» **WHAT IS NEEDED**
How many lines of the records hold the string "gold"? Reply with the number alone.
────
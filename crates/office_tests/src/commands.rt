use crate::desk::{Answer, NOW, answered, answers, is_import, keeper_of};
use off_base::{Ip4, Mac, Moment};
use off_defs::Key;
use off_office::Office;
use off_opening::count_rows;
use off_orders::{Command, Reply, Rule, sound};
use std::test::Fail;

// Class 1 has bad settings, pool 2 no relay, and pool 2 for devices too short a prefix: whoever
// reads them takes them as none. No opening lets them in.
#[test]
fn an_impossible_row_is_none(rt: HostRuntime) -> Result<(), Fail> {
    let alloc = rt.alloc();
    let bad = "class 1 \"gold\" 99=01\npool 2 0.0.0.0 0.0.0.9 24 0.0.0.1 0.0.0.0\n\
               device-pool 2 10.65.0.0 10.65.0.9 7 0.0.0.1 0.0.0.2";
    let mut keeper = keeper_of(alloc, bad)?;
    let counts = count_rows(alloc, &mut keeper)?;
    for (row, wanted) in [
        (
            "modem 02aabbccddee 7 1 \"\"",
            Answer::Refused(Rule::NoClass),
        ),
        (
            "class 1 \"gold\" 24{ 1=0001 6=07 } 25{ 1=0002 6=07 }",
            Answer::Done(1),
        ),
        ("pool 3 0.0.0.0 0.0.0.9 24 0.0.0.1 0.0.0.3", Answer::Done(2)),
        (
            "pool 3 10.65.0.0 10.65.0.9 24 0.0.0.1 0.0.0.3",
            Answer::Done(2),
        ),
        (
            "device-pool 3 10.65.0.0 10.65.0.9 24 0.0.0.1 0.0.0.2",
            Answer::Done(1),
        ),
    ] {
        assert!(rt;
            answers(alloc, &mut keeper, &counts, row)? == wanted,
            "{row}"
        );
    }
    let shown = answered(alloc, &mut keeper, &counts, &Command::Show(Key::Class(1)));
    assert!(rt; shown == Answer::Refused(Rule::NoRow));
    Ok(())
}

// The office shows, removes and refuses by itself, without an event.
#[test]
fn the_office_does_a_command(rt: HostRuntime) -> Result<(), Fail> {
    let alloc = rt.alloc();
    let mut keeper = keeper_of(alloc, "lease 10.64.0.10 declined t+100")?;
    let Ok(mut office) = Office::start(alloc, &mut keeper) else {
        return Err(Fail::new("the tables are good"));
    };
    for (at, command, done) in [
        (NOW + 50, Command::Remove(Key::Pool(1)), false),
        (NOW + 100, Command::Show(Key::Hub(0)), true),
        (NOW + 50, Command::Remove(Key::Pool(1)), true),
        (NOW, Command::Show(Key::Lease(Ip4(0x0a40_000a))), false),
        (
            NOW,
            Command::Remove(Key::Modem(Mac([2, 0xaa, 0xbb, 0xcc, 0xdd, 0xee]))),
            true,
        ),
    ] {
        if sound(&command) && !is_import(&command) {
            let answer: Option<Reply> = office.command(&mut keeper, Moment(at), &command).ok();
            assert_eq!(rt; answer.is_some(), done);
        }
    }
    Ok(())
}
────
» **ANSWER BOX**
2